● Extracted data:
= Beginning of Section =

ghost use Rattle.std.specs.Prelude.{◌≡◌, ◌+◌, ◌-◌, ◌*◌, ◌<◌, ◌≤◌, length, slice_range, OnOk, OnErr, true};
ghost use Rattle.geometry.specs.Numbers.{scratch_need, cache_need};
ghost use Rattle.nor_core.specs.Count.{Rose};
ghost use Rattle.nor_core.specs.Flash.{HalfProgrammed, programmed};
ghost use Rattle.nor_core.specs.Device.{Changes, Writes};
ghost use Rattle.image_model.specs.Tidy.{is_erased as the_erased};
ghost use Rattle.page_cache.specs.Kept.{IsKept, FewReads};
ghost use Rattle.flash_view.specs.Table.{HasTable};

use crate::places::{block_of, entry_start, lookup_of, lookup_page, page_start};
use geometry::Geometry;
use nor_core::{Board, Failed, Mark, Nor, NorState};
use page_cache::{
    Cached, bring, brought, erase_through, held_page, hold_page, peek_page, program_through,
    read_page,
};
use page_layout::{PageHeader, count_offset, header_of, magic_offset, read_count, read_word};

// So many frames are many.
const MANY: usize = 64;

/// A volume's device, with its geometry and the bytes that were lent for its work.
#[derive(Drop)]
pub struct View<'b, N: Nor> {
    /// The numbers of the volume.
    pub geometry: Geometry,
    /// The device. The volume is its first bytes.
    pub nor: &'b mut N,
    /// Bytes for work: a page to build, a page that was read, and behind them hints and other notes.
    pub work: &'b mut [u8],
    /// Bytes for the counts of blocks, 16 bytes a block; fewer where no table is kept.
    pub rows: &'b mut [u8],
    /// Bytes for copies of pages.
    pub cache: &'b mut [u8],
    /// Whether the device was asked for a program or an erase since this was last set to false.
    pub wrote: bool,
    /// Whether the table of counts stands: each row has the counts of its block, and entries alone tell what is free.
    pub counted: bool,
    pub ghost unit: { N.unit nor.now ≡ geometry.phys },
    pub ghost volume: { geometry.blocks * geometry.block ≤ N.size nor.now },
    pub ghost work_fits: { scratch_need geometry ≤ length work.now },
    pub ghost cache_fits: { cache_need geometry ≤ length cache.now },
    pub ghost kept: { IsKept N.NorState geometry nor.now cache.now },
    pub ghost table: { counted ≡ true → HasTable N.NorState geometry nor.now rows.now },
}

= End of Section =
= Beginning of Section =

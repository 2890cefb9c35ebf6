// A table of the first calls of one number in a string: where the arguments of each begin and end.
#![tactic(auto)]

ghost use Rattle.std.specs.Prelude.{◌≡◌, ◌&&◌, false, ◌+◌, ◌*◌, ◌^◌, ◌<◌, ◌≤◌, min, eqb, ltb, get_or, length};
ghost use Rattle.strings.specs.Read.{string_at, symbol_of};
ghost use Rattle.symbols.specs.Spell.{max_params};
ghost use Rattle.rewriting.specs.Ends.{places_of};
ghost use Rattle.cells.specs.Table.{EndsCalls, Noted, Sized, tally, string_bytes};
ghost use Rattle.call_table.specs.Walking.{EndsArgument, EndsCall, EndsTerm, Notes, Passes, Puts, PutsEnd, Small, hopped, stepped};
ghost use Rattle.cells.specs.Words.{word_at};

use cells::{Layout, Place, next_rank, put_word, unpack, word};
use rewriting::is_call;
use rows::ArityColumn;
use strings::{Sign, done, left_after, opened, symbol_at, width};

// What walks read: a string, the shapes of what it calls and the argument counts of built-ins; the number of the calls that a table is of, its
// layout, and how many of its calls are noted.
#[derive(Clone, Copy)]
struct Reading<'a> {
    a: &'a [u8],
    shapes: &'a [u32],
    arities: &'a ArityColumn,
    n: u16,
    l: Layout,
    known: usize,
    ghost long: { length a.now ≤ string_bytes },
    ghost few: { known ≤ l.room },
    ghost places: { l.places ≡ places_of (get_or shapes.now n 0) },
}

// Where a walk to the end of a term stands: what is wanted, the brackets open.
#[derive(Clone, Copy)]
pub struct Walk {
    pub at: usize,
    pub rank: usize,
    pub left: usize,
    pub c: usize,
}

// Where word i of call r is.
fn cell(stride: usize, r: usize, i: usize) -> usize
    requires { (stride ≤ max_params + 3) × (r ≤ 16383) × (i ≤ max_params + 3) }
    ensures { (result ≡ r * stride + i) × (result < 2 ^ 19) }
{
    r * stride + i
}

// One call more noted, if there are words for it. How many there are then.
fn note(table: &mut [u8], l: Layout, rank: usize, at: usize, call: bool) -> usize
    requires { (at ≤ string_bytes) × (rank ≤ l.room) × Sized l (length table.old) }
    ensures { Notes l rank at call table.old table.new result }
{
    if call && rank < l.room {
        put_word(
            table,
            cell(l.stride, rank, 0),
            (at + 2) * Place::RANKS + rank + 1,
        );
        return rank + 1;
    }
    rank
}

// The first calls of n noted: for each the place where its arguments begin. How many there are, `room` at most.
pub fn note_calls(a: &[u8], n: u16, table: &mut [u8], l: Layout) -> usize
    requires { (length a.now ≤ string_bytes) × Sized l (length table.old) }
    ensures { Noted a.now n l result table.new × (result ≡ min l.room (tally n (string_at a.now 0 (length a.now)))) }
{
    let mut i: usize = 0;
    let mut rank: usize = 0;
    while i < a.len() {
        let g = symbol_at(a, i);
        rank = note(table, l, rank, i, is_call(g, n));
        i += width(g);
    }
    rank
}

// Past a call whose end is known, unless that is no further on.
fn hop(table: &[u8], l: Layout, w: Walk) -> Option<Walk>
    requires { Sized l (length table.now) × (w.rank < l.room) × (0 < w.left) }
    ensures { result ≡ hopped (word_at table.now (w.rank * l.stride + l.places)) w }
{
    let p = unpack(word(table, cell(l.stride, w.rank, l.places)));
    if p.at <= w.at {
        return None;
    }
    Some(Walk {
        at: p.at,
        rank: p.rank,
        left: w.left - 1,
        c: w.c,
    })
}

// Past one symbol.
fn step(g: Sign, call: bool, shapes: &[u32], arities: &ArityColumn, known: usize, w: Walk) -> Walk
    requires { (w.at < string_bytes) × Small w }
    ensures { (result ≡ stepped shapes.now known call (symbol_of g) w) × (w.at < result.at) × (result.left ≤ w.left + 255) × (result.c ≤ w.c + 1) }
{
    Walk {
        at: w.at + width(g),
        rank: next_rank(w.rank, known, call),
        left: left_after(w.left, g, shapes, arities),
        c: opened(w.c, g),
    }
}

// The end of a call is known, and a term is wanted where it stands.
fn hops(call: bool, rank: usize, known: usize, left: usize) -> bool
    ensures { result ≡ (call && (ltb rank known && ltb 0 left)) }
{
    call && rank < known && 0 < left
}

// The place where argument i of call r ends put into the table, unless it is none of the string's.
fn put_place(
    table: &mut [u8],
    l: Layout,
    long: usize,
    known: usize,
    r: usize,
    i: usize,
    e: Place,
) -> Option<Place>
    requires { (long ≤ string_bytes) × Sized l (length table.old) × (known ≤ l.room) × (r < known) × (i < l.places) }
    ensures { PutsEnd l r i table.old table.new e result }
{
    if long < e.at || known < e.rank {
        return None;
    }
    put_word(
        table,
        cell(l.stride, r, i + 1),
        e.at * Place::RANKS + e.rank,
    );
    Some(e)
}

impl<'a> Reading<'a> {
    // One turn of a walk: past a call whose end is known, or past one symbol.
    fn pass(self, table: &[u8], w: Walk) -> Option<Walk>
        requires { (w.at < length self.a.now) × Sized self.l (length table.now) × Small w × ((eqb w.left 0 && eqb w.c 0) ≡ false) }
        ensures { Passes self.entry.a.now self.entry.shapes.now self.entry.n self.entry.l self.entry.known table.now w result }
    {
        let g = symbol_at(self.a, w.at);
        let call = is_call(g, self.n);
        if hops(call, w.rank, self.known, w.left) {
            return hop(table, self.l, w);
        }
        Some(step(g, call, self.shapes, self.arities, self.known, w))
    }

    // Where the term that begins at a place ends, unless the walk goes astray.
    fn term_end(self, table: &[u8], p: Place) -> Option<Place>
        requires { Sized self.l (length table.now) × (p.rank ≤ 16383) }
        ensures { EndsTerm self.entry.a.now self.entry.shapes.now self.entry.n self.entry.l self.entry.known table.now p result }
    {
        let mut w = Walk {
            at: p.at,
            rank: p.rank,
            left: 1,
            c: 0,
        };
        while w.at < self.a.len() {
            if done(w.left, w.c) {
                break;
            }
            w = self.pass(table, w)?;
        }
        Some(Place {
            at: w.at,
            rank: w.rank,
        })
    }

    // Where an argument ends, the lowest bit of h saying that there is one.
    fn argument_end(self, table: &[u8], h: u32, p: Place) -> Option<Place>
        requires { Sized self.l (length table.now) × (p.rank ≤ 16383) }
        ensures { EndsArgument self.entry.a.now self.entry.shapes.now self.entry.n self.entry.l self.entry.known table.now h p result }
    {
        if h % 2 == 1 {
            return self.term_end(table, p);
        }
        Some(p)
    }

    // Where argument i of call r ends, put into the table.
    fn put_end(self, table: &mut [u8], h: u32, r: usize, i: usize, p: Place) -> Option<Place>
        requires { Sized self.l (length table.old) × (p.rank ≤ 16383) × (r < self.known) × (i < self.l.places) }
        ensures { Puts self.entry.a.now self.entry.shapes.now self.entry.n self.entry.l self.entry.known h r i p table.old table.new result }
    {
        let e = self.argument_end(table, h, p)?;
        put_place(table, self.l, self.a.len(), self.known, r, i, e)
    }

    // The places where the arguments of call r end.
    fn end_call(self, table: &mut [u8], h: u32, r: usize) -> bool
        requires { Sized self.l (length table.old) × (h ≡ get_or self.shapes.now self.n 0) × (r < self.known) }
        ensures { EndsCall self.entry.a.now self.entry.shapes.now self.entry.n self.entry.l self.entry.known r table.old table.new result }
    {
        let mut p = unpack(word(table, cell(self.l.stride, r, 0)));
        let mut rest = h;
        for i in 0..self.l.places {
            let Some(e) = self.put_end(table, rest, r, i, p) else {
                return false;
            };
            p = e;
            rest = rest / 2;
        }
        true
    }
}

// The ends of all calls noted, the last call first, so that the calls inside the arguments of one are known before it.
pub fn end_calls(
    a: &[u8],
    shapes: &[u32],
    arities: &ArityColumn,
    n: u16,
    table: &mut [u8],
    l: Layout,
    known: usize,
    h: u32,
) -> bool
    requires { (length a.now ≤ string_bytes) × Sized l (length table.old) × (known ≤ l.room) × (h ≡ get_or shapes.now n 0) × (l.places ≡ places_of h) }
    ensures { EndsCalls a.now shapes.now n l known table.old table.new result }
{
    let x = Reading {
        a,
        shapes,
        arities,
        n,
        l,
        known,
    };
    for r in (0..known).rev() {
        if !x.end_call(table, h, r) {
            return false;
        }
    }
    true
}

= End of Section =
= Beginning of Section =

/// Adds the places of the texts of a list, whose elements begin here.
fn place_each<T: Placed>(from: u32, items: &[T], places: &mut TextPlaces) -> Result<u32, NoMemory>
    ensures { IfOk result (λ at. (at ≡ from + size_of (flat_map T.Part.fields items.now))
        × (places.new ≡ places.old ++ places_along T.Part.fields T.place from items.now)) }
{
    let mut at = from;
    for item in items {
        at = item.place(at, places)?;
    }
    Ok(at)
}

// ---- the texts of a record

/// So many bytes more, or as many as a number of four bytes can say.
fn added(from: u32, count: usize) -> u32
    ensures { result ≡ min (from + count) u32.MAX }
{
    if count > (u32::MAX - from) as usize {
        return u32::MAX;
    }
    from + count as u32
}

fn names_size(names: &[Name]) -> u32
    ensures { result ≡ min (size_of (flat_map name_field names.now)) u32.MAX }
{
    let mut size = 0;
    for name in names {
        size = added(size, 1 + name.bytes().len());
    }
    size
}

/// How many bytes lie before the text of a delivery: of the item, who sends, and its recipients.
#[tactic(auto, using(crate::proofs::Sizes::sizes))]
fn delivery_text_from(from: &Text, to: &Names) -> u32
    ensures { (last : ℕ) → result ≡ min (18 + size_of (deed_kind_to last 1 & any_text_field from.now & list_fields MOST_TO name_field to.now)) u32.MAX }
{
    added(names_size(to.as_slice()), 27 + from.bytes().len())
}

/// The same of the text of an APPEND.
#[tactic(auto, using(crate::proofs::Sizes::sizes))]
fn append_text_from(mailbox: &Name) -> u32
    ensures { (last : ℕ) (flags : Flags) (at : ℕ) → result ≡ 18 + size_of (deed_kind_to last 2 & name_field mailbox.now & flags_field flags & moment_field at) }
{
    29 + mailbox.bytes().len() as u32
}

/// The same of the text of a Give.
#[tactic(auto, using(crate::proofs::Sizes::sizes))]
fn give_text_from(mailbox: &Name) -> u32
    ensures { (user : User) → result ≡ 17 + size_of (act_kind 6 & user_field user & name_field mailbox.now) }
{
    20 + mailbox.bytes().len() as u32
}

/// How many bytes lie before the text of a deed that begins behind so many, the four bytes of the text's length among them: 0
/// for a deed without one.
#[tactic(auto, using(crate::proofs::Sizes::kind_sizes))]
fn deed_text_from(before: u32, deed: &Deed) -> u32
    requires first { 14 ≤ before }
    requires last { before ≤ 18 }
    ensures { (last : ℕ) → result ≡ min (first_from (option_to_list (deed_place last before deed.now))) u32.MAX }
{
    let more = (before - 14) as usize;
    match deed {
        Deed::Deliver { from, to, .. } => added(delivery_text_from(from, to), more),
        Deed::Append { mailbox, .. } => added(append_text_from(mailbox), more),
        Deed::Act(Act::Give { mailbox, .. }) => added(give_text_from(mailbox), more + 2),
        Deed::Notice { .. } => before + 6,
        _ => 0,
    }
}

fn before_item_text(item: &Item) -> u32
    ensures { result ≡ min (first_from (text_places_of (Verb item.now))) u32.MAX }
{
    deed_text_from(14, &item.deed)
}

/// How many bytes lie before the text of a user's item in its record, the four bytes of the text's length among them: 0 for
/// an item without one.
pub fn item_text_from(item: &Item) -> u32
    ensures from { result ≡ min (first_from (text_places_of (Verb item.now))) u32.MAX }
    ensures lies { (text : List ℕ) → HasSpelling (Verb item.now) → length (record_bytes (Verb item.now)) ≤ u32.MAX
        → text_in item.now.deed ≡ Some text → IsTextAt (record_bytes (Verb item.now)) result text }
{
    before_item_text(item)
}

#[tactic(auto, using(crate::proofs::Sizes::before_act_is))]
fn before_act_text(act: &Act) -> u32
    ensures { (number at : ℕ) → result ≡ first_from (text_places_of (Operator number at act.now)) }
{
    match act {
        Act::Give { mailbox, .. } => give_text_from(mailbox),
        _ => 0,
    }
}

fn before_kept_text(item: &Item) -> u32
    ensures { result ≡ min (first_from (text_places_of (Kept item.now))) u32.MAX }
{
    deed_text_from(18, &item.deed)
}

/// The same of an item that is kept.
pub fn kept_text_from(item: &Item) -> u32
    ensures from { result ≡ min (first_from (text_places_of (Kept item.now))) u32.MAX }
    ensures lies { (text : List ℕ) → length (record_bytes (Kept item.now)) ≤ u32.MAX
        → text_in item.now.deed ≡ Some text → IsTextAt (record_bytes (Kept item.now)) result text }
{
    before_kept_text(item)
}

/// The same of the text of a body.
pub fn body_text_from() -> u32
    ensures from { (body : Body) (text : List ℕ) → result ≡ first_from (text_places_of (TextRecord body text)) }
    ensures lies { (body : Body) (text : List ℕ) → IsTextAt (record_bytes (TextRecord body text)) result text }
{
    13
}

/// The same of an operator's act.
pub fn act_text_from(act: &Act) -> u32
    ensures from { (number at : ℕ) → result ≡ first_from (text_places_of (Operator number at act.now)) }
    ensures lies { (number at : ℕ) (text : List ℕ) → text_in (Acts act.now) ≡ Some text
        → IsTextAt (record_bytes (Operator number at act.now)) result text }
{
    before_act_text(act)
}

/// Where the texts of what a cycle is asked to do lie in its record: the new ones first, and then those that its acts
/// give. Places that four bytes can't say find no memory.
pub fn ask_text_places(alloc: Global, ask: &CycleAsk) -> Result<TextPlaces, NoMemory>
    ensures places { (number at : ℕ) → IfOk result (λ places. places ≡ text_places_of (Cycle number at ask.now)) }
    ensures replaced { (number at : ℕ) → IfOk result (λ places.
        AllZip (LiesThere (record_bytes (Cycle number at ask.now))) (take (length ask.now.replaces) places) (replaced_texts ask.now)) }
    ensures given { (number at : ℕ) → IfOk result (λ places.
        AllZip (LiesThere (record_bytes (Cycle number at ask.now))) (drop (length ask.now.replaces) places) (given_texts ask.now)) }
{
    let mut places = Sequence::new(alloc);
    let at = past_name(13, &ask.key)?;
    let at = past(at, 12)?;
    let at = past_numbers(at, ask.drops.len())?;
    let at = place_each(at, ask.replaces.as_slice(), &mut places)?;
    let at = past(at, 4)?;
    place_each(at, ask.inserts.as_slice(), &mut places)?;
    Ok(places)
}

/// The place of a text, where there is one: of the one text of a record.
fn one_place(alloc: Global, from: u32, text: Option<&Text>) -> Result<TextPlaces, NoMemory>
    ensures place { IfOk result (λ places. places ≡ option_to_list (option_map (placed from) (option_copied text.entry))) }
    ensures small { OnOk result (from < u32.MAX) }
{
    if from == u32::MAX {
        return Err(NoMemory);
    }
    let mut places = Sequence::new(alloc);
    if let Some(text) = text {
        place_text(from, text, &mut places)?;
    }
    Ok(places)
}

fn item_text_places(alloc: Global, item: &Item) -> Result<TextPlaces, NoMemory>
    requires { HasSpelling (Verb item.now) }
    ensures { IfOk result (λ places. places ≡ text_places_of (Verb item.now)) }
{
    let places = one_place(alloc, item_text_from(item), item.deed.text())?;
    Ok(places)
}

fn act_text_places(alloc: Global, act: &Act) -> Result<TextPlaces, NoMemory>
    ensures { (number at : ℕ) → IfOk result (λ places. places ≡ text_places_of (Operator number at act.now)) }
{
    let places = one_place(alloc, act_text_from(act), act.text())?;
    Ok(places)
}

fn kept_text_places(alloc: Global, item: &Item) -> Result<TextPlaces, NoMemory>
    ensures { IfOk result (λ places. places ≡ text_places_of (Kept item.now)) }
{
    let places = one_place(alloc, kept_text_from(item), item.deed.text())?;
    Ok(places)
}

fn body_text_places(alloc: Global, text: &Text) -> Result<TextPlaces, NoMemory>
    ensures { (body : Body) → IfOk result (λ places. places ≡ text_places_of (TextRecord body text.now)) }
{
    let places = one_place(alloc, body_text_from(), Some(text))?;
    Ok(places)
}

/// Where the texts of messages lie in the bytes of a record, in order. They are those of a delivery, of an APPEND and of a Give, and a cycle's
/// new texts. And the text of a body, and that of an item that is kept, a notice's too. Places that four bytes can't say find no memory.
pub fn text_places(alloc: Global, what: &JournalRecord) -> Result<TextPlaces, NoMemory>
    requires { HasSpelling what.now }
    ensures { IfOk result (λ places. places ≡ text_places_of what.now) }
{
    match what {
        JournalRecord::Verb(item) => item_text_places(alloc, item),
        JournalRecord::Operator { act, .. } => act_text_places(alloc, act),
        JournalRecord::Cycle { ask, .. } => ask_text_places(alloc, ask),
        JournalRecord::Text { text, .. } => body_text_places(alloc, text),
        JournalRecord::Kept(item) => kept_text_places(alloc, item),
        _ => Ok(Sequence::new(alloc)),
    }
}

= End of Section =

● Task: Restate word for word only the lines above from the line containing "let mut i: usize = 0;" to the line containing "Walk) -> Walk", both of them included.

● Response:
    let mut i: usize = 0;
    let mut rank: usize = 0;
    while i < a.len() {
        let g = symbol_at(a, i);
        rank = note(table, l, rank, i, is_call(g, n));
        i += width(g);
    }
    rank
}

// Past a call whose end is known, unless that is no further on.
fn hop(table: &[u8], l: Layout, w: Walk) -> Option<Walk>
    requires { Sized l (length table.now) × (w.rank < l.room) × (0 < w.left) }
    ensures { result ≡ hopped (word_at table.now (w.rank * l.stride + l.places)) w }
{
    let p = unpack(word(table, cell(l.stride, w.rank, l.places)));
    if p.at <= w.at {
        return None;
    }
    Some(Walk {
        at: p.at,
        rank: p.rank,
        left: w.left - 1,
        c: w.c,
    })
}

// Past one symbol.
fn step(g: Sign, call: bool, shapes: &[u32], arities: &ArityColumn, known: usize, w: Walk) -> Walk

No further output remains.